If either of those two got back into the White House, God help us!
MaryfromMarin
November 5th, 2012
Hi, Xavier!!
________________
They’d need to have a custom-built desk. I’d suggest six feet high, four inches thick, with a grille to speak through.
MaryfromMarin
November 5th, 2012
@Jethro–
I don’t care how patriotic your tattoo is–pull up your pants.
MaryfromMarin
November 5th, 2012
(sorry, @Jethr0–I forgot to say “please”.)
Gigantiass
November 5th, 2012
She could combine a cooking show with an eating contest and in a couple months she would be bigger than oprah, ellen degenerate, and all the big gals on the view combined.
Commissar M
November 5th, 2012
As I said to Mrs M earlier, “What the f— have we done to deserve that?”
Of course yesterday I said that I could foresee a lifetime of the Obama’s living on the largess of wealthy leftist benefactors. However, the idea of daytime talk show for the First Wookie just sounded too silly to mention. Proving that leftists can always top the most ridiculous scenarios you can imagine for them.
bitterclinger
November 5th, 2012
“My Shtruggle,” with Mooch O.
This oughta set new records for fastest cancellation. I love seeing these idiotic networks get pwnd!
beachmom
November 5th, 2012
That is one of the creepiest, most evil pictures I’ve seen of Shelly Antoinette.
That would have been good for Halloween!
marleenna1959
November 5th, 2012
let me know what channel she will be on so I can block it permanently.
tumbleweed
November 5th, 2012
The Mooprah Show where the make a barack sandwich. Please God, forgive me for such a disgustingly nasty brain fart of a thought.
Moosebutticus
November 5th, 2012
she does look like she’s about to get hit with a pie in the face.
mcnorman
November 5th, 2012
Squatch Gone Wild
Dano
November 5th, 2012
My Wife and I watch nothing, NOTHING, that is in any way “talk show related.” Most that is on tv now is pure CRAP with a sprinkle of VOMIT! Ciao Baby!
Ten Megaton
November 5th, 2012
My dvr memory is gonna be full all the time don’t ya know.
Chalupa
November 5th, 2012
Bay Squatch
Shutterbug
November 5th, 2012
BO will spend 2-3 years stoned and high before he ascends to Secretary-general of the UN.
Freeshiticus
November 5th, 2012
You Bet Your Wife. A show for gays who marry just to not look so gay.
Jullou
November 5th, 2012
She would have to have some speech therapy for that lisp.
IronyCurtain
November 6th, 2012
I Love Moosey
AbigailAdams
November 6th, 2012
94 comments! Come on now, admit it, you’re gonna miss kickin’ her around.

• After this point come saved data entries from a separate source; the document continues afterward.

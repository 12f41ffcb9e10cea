//! Reading the lines of a piece.

ghost use Rattle.std.specs.Prelude.{◌≡◌, ◌≤◌, [], All, List, IfOk, length};
ghost use Rattle.semantics.specs.Lines.{lines};
ghost use Rattle.semantics.specs.Groups as groups;
ghost use Rattle.tables.specs.Inside.Folding.{HasRead, HasRoomUnder, IsTableOfKept};
ghost use Rattle.tables.specs.Folding.{refused_lines_of};

use crate::refusals::Refusals;
use group_tables::{Executor, Table};
use lines::{Line, LineRefusal, RecordReader, checked_lines_of};
use query_plan::{Plan, holds};
use std::alloc::{AllocError, Global};
use values::{Record, Truth};

/// The lines of a piece, as far as they have been read.
#[derive(Drop)]
pub(crate) struct Folding {
    /// The table of the valid records that are kept, by all grouping columns.
    pub(crate) table: Table,
    /// The number of lines.
    pub(crate) lines: u64,
    /// The number of the refused ones.
    pub(crate) refused: u64,
    /// These by their numbers, from 1.
    pub(crate) refusals: Refusals,
    /// Of the record that was kept last, which filters of the query keep it. It is written over for
    /// each.
    marks: Vec<bool>,
}

impl Folding {
    ghost use Rattle.std.specs.Prelude.{◌≡◌, [], ◌∷◌, ◌++◌, ℕ, List, OnOk};
    ghost use Rattle.semantics.specs.Records.{Fits};
    ghost use Rattle.semantics.specs.Groups as groups;
    ghost use Rattle.lines.specs.Checked.{line_bytes};
    ghost use Rattle.tables.specs.Inside.Folding.{HasRead, IsTableOfKept, ReadsOneMoreUnder, TakesRecordUnder};

    /// No line has been read behind the records that a table has.
    fn begin(alloc: Global, table: Table) -> Folding
        ensures table { result.table ≡ table }
        ensures lines { result.lines ≡ 0 }
        ensures refused { result.refused ≡ 0 }
        ensures refusals { result.refusals ≡ [] }
    {
        Folding {
            table,
            lines: 0,
            refused: 0,
            refusals: Refusals::new(alloc),
            marks: Vec::new(alloc),
        }
    }

    /// Reads one more line. After an error what has been read is of no use.
    fn read(
        &mut self,
        reader: &mut RecordReader,
        plan: &Plan,
        line: Line<'_>,
    ) -> Result<(), AllocError>
        requires { ReadsOneMoreUnder plan.now self.old }
        ensures { OnOk result ((before : List groups.Record) (seen : List (List ℕ))
            → HasRead plan.now before self.old seen
            → HasRead plan.now before self.new (seen ++ line_bytes line.entry ∷ [])) }
    {
        match reader.read_line(plan.schema(), line) {
            Ok(taken) => {
                self.take(plan, &taken)?;
                reader.give_back(taken);
            }
            Err(LineRefusal::Fault(fault)) => {
                self.refusals.push(self.lines + 1, fault)?;
                self.refused += 1;
            }
            Err(LineRefusal::Memory) => return Err(AllocError),
        }
        self.lines += 1;
        Ok(())
    }

    /// Takes one more record into the table, where it is kept.
    fn take(&mut self, plan: &Plan, taken: &Record) -> Result<(), AllocError>
        requires fits { Fits plan.now.fields taken.now }
        requires room { TakesRecordUnder plan.now self.old }
        ensures table { OnOk result ((rows : List groups.Record) → IsTableOfKept plan.now self.old.table rows
            → IsTableOfKept plan.now self.new.table (rows ++ taken.now ∷ [])) }
        ensures lines { self.new.lines ≡ self.old.lines }
        ensures refused { self.new.refused ≡ self.old.refused }
        ensures refusals { self.new.refusals ≡ self.old.refusals }
    {
        if holds(plan, taken).is(Truth::True) {
            plan.mark_filters(taken, &mut self.marks)?;
            self.table.add(
                plan.grouping(),
                plan.set_functions(),
                taken.values(),
                self.marks.as_slice(),
            )?;
        }
        Ok(())
    }
}

/// The table of no records of a plan, laid out so that the executor is fast in merging others into
/// it.
pub(crate) fn empty_table<E: Executor>(
    alloc: Global,
    plan: &Plan,
    executor: &E,
) -> Result<Table, AllocError>
    ensures { IfOk result (λ table. IsTableOfKept plan.now table []) }
{
    let (seed, hands) = (executor.seed(), executor.hands());
    Table::new(alloc, seed, hands, plan.grouping(), plan.set_functions())
}

/// The table of no records of a plan, to which the executor puts those of one piece.
pub(crate) fn piece_table<E: Executor>(
    alloc: Global,
    plan: &Plan,
    executor: &E,
) -> Result<Table, AllocError>
    ensures { IfOk result (λ table. IsTableOfKept plan.now table []) }
{
    let seed = executor.seed();
    Table::new(alloc, seed, 1, plan.grouping(), plan.set_functions())
}

/// Reads the lines of a piece behind the records that a table has.
pub(crate) fn read_onto(
    alloc: Global,
    plan: &Plan,
    table: Table,
    piece: &[u8],
) -> Result<Folding, AllocError>
    requires { HasRoomUnder plan.now table (length (lines piece.now)) }
    ensures read { IfOk result (λ folding. (before : List groups.Record) → IsTableOfKept plan.now table before
        → HasRead plan.now before folding (lines piece.now)) }
    ensures lines { IfOk result (λ folding. folding.lines ≡ length (lines piece.now)) }
    ensures refused { IfOk result (λ folding.
        folding.refused ≡ length (refused_lines_of plan.now.fields (lines piece.now))) }
    ensures numbered { IfOk result (λ folding.
        All (λ line. line.0 ≤ folding.lines) folding.refusals) }
{
    let mut folding = Folding::begin(alloc, table);
    let mut reader = RecordReader::new(alloc);
    for line in checked_lines_of(piece) {
        folding.read(&mut reader, plan, line)?;
    }
    Ok(folding)
}
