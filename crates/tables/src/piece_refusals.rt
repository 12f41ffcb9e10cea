//! The refused lines of a piece.

use crate::refusals::Refusals;

/// The refused lines of a piece, and how many lines it has: what is kept of it beside its groups.
#[derive(Drop)]
pub(crate) struct PieceRefusals {
    /// The piece's index.
    pub(crate) index: u32,
    /// The number of its lines.
    pub(crate) lines: u64,
    /// Its refused lines, by their numbers within it, from 1, ascending.
    pub(crate) refused: Refusals,
}
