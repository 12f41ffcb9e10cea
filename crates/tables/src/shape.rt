//! What two partial results have the same that can be merged.

ghost use Rattle.std.specs.Prelude.{◌≡◌, IfOk, IsTrue, ◌↔◌, map, string_bytes};
ghost use Rattle.query_resolve.specs.Resolution.{contents};

use query_plan::{FilteredFunction, Plan, filter_texts};
use std::alloc::{AllocError, Global};

/// The grouping sets of a query, its different set functions, and the canonical texts of their
/// different filters.
pub(crate) struct Shape {
    pub(crate) sets: Vec<Vec<usize>>,
    pub(crate) functions: Vec<FilteredFunction>,
    pub(crate) filters: Vec<String>,
}

// A function of its own: a derived one is written out, and proved, wherever a shape is given up.
impl Drop for Shape {
    fn drop(self) {
        let Shape {
            sets,
            functions,
            filters,
        } = self;
        drop(sets);
        drop(functions);
        drop(filters);
    }
}

impl Shape {
    ghost use Rattle.semantics.specs.Sets.{sets_of};
    ghost use Rattle.query_resolve.specs.Functions.{indexed_functions};
    ghost use Rattle.tables.specs.Functions.{filter_texts};
    ghost use Rattle.tables.specs.Inside.Shapes.{AreSameShapes};

    /// The shape of a plan.
    pub(crate) fn of(alloc: Global, plan: &Plan) -> Result<Shape, AllocError>
        ensures sets { IfOk result (λ shape.
            contents shape.sets.items ≡ sets_of plan.now.fields plan.now.query) }
        ensures functions { IfOk result (λ shape.
            shape.functions.items ≡ indexed_functions plan.now.fields plan.now.query) }
        ensures filters { IfOk result (λ shape.
            map string_bytes shape.filters.items ≡ filter_texts plan.now) }
    {
        let sets = copy_sets(alloc, plan.sets())?;
        let functions = copy_functions(alloc, plan.set_functions())?;
        let filters = filter_texts(alloc, plan)?;
        Ok(Shape {
            sets,
            functions,
            filters,
        })
    }

    /// Whether two shapes are the same.
    pub(crate) fn is_same(&self, other: &Shape) -> bool
        ensures { IsTrue result ↔ AreSameShapes self.now other.now }
    {
        same_sets(self.sets.as_slice(), other.sets.as_slice())
            && same_functions(self.functions.as_slice(), other.functions.as_slice())
            && same_texts(self.filters.as_slice(), other.filters.as_slice())
    }
}

/// A copy of grouping sets.
pub(crate) fn copy_sets(alloc: Global, sets: &[Vec<usize>]) -> Result<Vec<Vec<usize>>, AllocError>
    ensures { IfOk result (λ copies. contents copies.items ≡ contents sets.now) }
{
    let mut copies = Vec::with_capacity(alloc, sets.len())?;
    for set in sets {
        copies.push(Vec::from_slice(alloc, set.as_slice())?)?;
    }
    Ok(copies)
}

/// A copy of set functions.
fn copy_functions(
    alloc: Global,
    functions: &[FilteredFunction],
) -> Result<Vec<FilteredFunction>, AllocError>
    ensures { IfOk result (λ copies. copies.items ≡ functions.now) }
{
    Vec::from_slice(alloc, functions)
}

/// Whether two lists of grouping sets have the same columns in the same order.
fn same_sets(sets: &[Vec<usize>], others: &[Vec<usize>]) -> bool
    ensures { IsTrue result ↔ (contents sets.now ≡ contents others.now) }
{
    sets == others
}

/// Whether two lists of set functions are the same.
fn same_functions(functions: &[FilteredFunction], others: &[FilteredFunction]) -> bool
    ensures { IsTrue result ↔ (functions.now ≡ others.now) }
{
    functions == others
}

/// Whether two lists of texts are the same.
fn same_texts(texts: &[String], others: &[String]) -> bool
    ensures { IsTrue result ↔ (map string_bytes texts.now ≡ map string_bytes others.now) }
{
    texts == others
}
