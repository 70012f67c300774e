// The layouts of the C interface: sizes, sessions, refusals and answers as words, and what holds of them. Definitions
// and laws; no code.
#![tactic(auto)]
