// The starred cases of document 01 as one table with one proved statement: see specs/Table.antt and proofs/Starred.antt. There is no code here.
#![tactic(auto)]
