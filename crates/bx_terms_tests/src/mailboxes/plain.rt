//! The mailbox in its plainest form, to compare the linked slots with: a list, and how many are passed over.

use bx_terms::Term;
use std::alloc::Global;

#[derive(Drop)]
pub struct Plain {
    messages: Vec<Term>,
    passed: usize,
}

impl Plain {
    /// A mailbox without messages.
    pub fn new(alloc: Global) -> Plain {
        Plain {
            messages: Vec::new(alloc),
            passed: 0,
        }
    }

    /// Adds a message at the end, or hands it back where memory ran out.
    pub fn add(&mut self, message: Term) -> Result<(), Term> {
        match self.messages.push(message) {
            Ok(()) => Ok(()),
            Err(failed) => Err(failed.value),
        }
    }

    /// The current message, where there is one.
    pub fn current(&self) -> Option<&Term> {
        self.messages.get(self.passed)
    }

    /// Passes the current message over, where there is one.
    pub fn pass(&mut self) -> bool {
        if self.passed >= self.messages.len() {
            return false;
        }
        self.passed += 1;
        true
    }

    /// Takes the current message out, where there is one, and no message is passed over any more.
    pub fn take(&mut self) -> Option<Term> {
        if self.passed >= self.messages.len() {
            return None;
        }
        let message = self.messages.remove(self.passed);
        self.passed = 0;
        Some(message)
    }

    /// From now on no message is passed over.
    pub fn reset(&mut self) {
        self.passed = 0;
    }

    /// How many messages there are, those passed over among them.
    pub fn len(&self) -> usize {
        self.messages.len()
    }
}
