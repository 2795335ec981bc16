use crate::commands::{Order, command_of};
use bx_engine::Form;
use clap::error::ErrorKind;
use std::alloc::{AllocError, Global};
use std::process::Abort;
use std::test::Fail;

/// The words of a line, parted by spaces.
fn words(alloc: Global, line: &str) -> Result<Vec<String>, AllocError> {
    let mut words = Vec::new(alloc);
    for word in line.split(' ') {
        words.push(String::from_str(alloc, word)?)?;
    }
    Ok(words)
}

/// Asserts that these are the files, parted by spaces.
fn assert_files(rt: &impl Abort, given: &[&str], files: &str) {
    let mut wanted = files.split(' ');
    for file in given {
        assert!(rt; wanted.next() == Some(*file));
    }
    assert!(rt; wanted.next().is_none());
}

/// Asserts what a run has for its start and its plan, and for its files, parted by spaces.
fn assert_run(rt: &impl Abort, order: &Order<'_>, start: &str, plan: &str, files: &str) {
    let Order::Run {
        start: start_given,
        plan: plan_given,
        files: files_given,
        ..
    } = order
    else {
        assert!(rt; false, "another order");
        return;
    };
    assert!(rt; *start_given == start);
    assert!(rt; *plan_given == plan);
    assert_files(rt, files_given, files);
}

#[test]
fn orders_runs(rt: HostRuntime) -> Result<(), Fail> {
    let rows = [
        ("bxemu run --start m:f --plan p a.S", "m:f", "p", "a.S"),
        (
            "bxemu run b.S --plan p a.S --start m:f c.S",
            "m:f",
            "p",
            "b.S a.S c.S",
        ),
        (
            "bxemu run --start=m:f --plan= a.S a.S",
            "m:f",
            "",
            "a.S a.S",
        ),
        ("x run --start run --plan help run", "run", "help", "run"),
        ("bxemu run --start m:f --plan - -", "m:f", "-", "-"),
        (
            "bxemu run --start +4 --plan p -- --plan -x --",
            "+4",
            "p",
            "--plan -x --",
        ),
        ("bxemu run --start  --plan p ", "", "p", ""),
    ];
    for (line, start, plan, files) in rows {
        let words = words(rt.alloc(), line)?;
        let order = command_of(rt.alloc(), words.as_slice())?;
        assert_run(&rt, &order, start, plan, files);
    }
    Ok(())
}

/// Asserts what a campaign has for the number of its workers, and for its files, parted by spaces.
fn assert_campaign(rt: &impl Abort, order: &Order<'_>, workers: u32, files: &str) {
    let Order::Campaign {
        start,
        plan,
        workers: workers_given,
        files: files_given,
        ..
    } = order
    else {
        assert!(rt; false, "another order");
        return;
    };
    assert!(rt; *start == "m:f" && *plan == "p" && *workers_given == workers);
    assert_files(rt, files_given, files);
}

#[test]
fn orders_campaigns(rt: HostRuntime) -> Result<(), Fail> {
    let rows = [
        ("bxemu campaign --start m:f --plan p a.S", 4, "a.S"),
        (
            "bxemu campaign --start m:f --plan p --workers 0 a.S",
            0,
            "a.S",
        ),
        (
            "bxemu campaign --workers=+64 b.S --plan p --start m:f a.S",
            64,
            "b.S a.S",
        ),
        (
            "bxemu campaign --start m:f --plan p --workers 4294967295 -- -x",
            4294967295,
            "-x",
        ),
    ];
    for (line, workers, files) in rows {
        let words = words(rt.alloc(), line)?;
        let order = command_of(rt.alloc(), words.as_slice())?;
        assert_campaign(&rt, &order, workers, files);
    }
    Ok(())
}

/// The form that a line's words order.
fn form_of_line(alloc: Global, line: &str) -> Result<Option<Form>, Fail> {
    let words = words(alloc, line)?;
    match command_of(alloc, words.as_slice())? {
        Order::Run { form, .. } => Ok(Some(form)),
        Order::Campaign { form, .. } => Ok(Some(form)),
        _ => Ok(None),
    }
}

#[test]
fn orders_summaries(rt: HostRuntime) -> Result<(), Fail> {
    let rows = [
        ("run --start m:f --plan p a.S", Form::Report),
        ("run --start m:f --plan p --summary a.S", Form::Summary),
        ("run a.S --plan p --start m:f --summary", Form::Summary),
        ("run --start m:f --plan=--summary a.S", Form::Report),
        ("run --start m:f --plan p -- --summary", Form::Report),
        ("campaign --start m:f --plan p a.S", Form::Report),
        ("campaign --summary a.S --plan p --start m:f", Form::Summary),
    ];
    for (words, form) in rows {
        let line = format!(in rt.alloc(); "bxemu {words}")?;
        assert!(rt;
            form_of_line(rt.alloc(), line.as_str())? == Some(form),
            "{line}"
        );
    }
    Ok(())
}

#[test]
fn orders_tidyings(rt: HostRuntime) -> Result<(), Fail> {
    let words = words(rt.alloc(), "bxemu tidy b.S --plan p --start m:f -- --plan")?;
    let Order::Tidy { start, plan, files } = command_of(rt.alloc(), words.as_slice())? else {
        assert!(rt; false, "another order");
        return Ok(());
    };
    assert!(rt; start == "m:f" && plan == "p");
    assert_files(&rt, &files, "b.S --plan");
    Ok(())
}

/// The schedule that a line's words name, and its files; none where they order no drawing.
fn chart_of<'a>(
    alloc: Global,
    words: &'a [String],
) -> Result<Option<(Option<&'a str>, Vec<&'a str>)>, Fail> {
    match command_of(alloc, words)? {
        Order::Chart {
            schedule,
            files,
            ..
        } => Ok(Some((schedule, files))),
        _ => Ok(None),
    }
}

#[test]
fn orders_drawings(rt: HostRuntime) -> Result<(), Fail> {
    let rows = [
        ("chart --start m:f --plan p --schedule s a.S", Some("s")),
        ("chart a.S --schedule= --plan p --start m:f", Some("")),
        ("chart --plan p --start m:f a.S", None),
    ];
    for (line, schedule) in rows {
        let line = format!(in rt.alloc(); "bxemu {line}")?;
        let words = words(rt.alloc(), line.as_str())?;
        let Some((given, files)) = chart_of(rt.alloc(), words.as_slice())? else {
            assert!(rt; false, "another order");
            return Ok(());
        };
        assert!(rt; given == schedule, "{line}");
        assert_files(&rt, &files, "a.S");
    }
    Ok(())
}

#[test]
fn orders_sessions(rt: HostRuntime) -> Result<(), Fail> {
    let words = words(rt.alloc(), "bxemu debug b.S --start m:f -- --plan")?;
    let Order::Debug { start, files } = command_of(rt.alloc(), words.as_slice())? else {
        assert!(rt; false, "another order");
        return Ok(());
    };
    assert!(rt; start == "m:f");
    assert_files(&rt, &files, "b.S --plan");
    Ok(())
}

/// The kind of the fault that a line's words have, or nothing where they have none.
fn kind_of_line(alloc: Global, line: &str) -> Result<Option<ErrorKind>, Fail> {
    let words = words(alloc, line)?;
    match command_of(alloc, words.as_slice()) {
        Ok(_order) => Ok(None),
        Err(error) => Ok(Some(error.kind())),
    }
}

#[test]
fn refuses_other_words(rt: HostRuntime) -> Result<(), Fail> {
    let rows = [
        ("bxemu", ErrorKind::MissingSubcommand),
        ("bxemu frob a.S", ErrorKind::InvalidSubcommand),
        ("bxemu dis", ErrorKind::MissingRequiredArgument),
        ("bxemu dis a.S b.S", ErrorKind::UnknownArgument),
        ("bxemu dis --plan p a.S", ErrorKind::UnknownArgument),
        ("bxemu debug a.S", ErrorKind::MissingRequiredArgument),
        (
            "bxemu debug --start m:f",
            ErrorKind::MissingRequiredArgument,
        ),
        (
            "bxemu debug --start m:f --plan p a.S",
            ErrorKind::UnknownArgument,
        ),
        ("bxemu -V", ErrorKind::DisplayVersion),
        ("bxemu --version", ErrorKind::DisplayVersion),
        ("bxemu run -V", ErrorKind::UnknownArgument),
        ("bxemu --help", ErrorKind::DisplayHelp),
        ("bxemu run --help", ErrorKind::DisplayHelp),
        ("bxemu help debug", ErrorKind::DisplayHelp),
    ];
    for (line, kind) in rows {
        assert!(rt; kind_of_line(rt.alloc(), line)? == Some(kind), "{line}");
    }
    Ok(())
}

#[test]
fn refuses_other_words_over_plans(rt: HostRuntime) -> Result<(), Fail> {
    let rows = [
        (
            "run --start m:f --plan p",
            ErrorKind::MissingRequiredArgument,
        ),
        ("run --plan p a.S", ErrorKind::MissingRequiredArgument),
        ("run --start m:f a.S", ErrorKind::MissingRequiredArgument),
        (
            "run --start m:f --start m:f --plan p a.S",
            ErrorKind::ArgumentConflict,
        ),
        ("run --start -1 --plan p a.S", ErrorKind::UnknownArgument),
        (
            "run --start m:f --plan p --workers 1 a.S",
            ErrorKind::UnknownArgument,
        ),
        (
            "run --start m:f --plan p --summary --summary a.S",
            ErrorKind::ArgumentConflict,
        ),
        (
            "run --start m:f --plan p --summary=true a.S",
            ErrorKind::TooManyValues,
        ),
        (
            "tidy --start m:f --plan p --summary a.S",
            ErrorKind::UnknownArgument,
        ),
        (
            "chart --start m:f --plan p --schedule a --schedule b a.S",
            ErrorKind::ArgumentConflict,
        ),
        (
            "run --start m:f --plan p --schedule a a.S",
            ErrorKind::UnknownArgument,
        ),
        (
            "campaign --start m:f a.S",
            ErrorKind::MissingRequiredArgument,
        ),
        (
            "campaign --start m:f --plan p --workers 4294967296 a.S",
            ErrorKind::ValueValidation,
        ),
        (
            "campaign --start m:f --plan p --workers four a.S",
            ErrorKind::ValueValidation,
        ),
        (
            "campaign --start m:f --plan p --workers -1 a.S",
            ErrorKind::UnknownArgument,
        ),
        (
            "campaign --start m:f --plan p --workers 1 --workers 1 a.S",
            ErrorKind::ArgumentConflict,
        ),
    ];
    for (words, kind) in rows {
        let line = format!(in rt.alloc(); "bxemu {words}")?;
        assert!(rt;
            kind_of_line(rt.alloc(), line.as_str())? == Some(kind),
            "{line}"
        );
    }
    Ok(())
}
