// Clocks drawn from distributions: the rule of a draw, and the tests of the numbers that a distribution is given by.
#![tactic(auto)]

ghost use Rattle.std.specs.Prelude.{◌≡◌, T};
ghost use Rattle.draw.specs.Draw.{unit, ticks, drawn, end_of, within, ranged, weighed, lawful, Between};

// A distribution: a range by its lower and its upper end; or a weight and two ranges.
#[derive(Clone, Copy)]
pub enum Law {
    Uniform(f64, f64),
    Mixture(f64, f64, f64, f64, f64),
}

// The top 53 bits of n, divided by 2^53.
fn unit_of(n: u64) -> f64
    ensures { result ≡ unit n }
{
    let top = n / 2048;
    (top as f64) / 9007199254740992.0
}

// A draw from a range: three operations, each rounded once, and held within the two ends.
fn ticks_of(lower: f64, upper: f64, n: u64) -> u64
    requires { T (ranged lower upper) }
    ensures { result ≡ ticks lower upper n }
{
    let u = unit_of(n);
    let width = upper - lower;
    let part = u * width;
    let v = lower + part;
    let h = v.clamp(lower, upper);
    std::num::truncating_f64_to_u64(h)
}

// A draw: a range takes the first number; a mixture picks by the first, and the second is for the range picked.
pub fn draw(law: Law, first: u64, second: u64) -> u64
    requires { T (lawful law) }
    ensures { (result ≡ drawn law first second) × Between (end_of law first) result }
{
    match law {
        Law::Uniform(a, b) => ticks_of(a, b, first),
        Law::Mixture(w, a, b, c, d) => {
            let u = unit_of(first);
            if u < w {
                ticks_of(a, b, second)
            } else {
                ticks_of(c, d, second)
            }
        }
    }
}

fn is_within(x: f64) -> bool
    ensures { result ≡ within x }
{
    1.0 <= x && x <= 1099511627776.0
}

#[tactic(auto, unfolding(crate::specs::Draw::ranged))]
fn is_ranged(lower: f64, upper: f64) -> bool
    ensures { result ≡ ranged lower upper }
{
    is_within(lower) && is_within(upper) && lower <= upper
}

#[tactic(auto, unfolding(crate::specs::Draw::weighed))]
fn is_weight(w: f64) -> bool
    ensures { result ≡ weighed w }
{
    0.0 <= w && w <= 1.0
}

// Whether every end is within 1 to 2^40, the ends are in order, and the weight is within 0 to 1.
#[tactic(auto, unfolding(crate::specs::Draw::lawful))]
pub fn is_lawful(law: Law) -> bool
    ensures { result ≡ lawful law }
{
    match law {
        Law::Uniform(a, b) => is_ranged(a, b),
        Law::Mixture(w, a, b, c, d) => is_weight(w) && is_ranged(a, b) && is_ranged(c, d),
    }
}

There’s a saying around our house — uttered by the man here — “worthless as tits on a boar.” That would be the net worth of anything michelle obama would impart to our lives coming at us in HD on the tee vee. It would be great if Current tee vee would pick her up, though. She and that rachel madcow person would make a great team.
(I’m so looking forward to having Mrs. Romney as our FLOTUS.)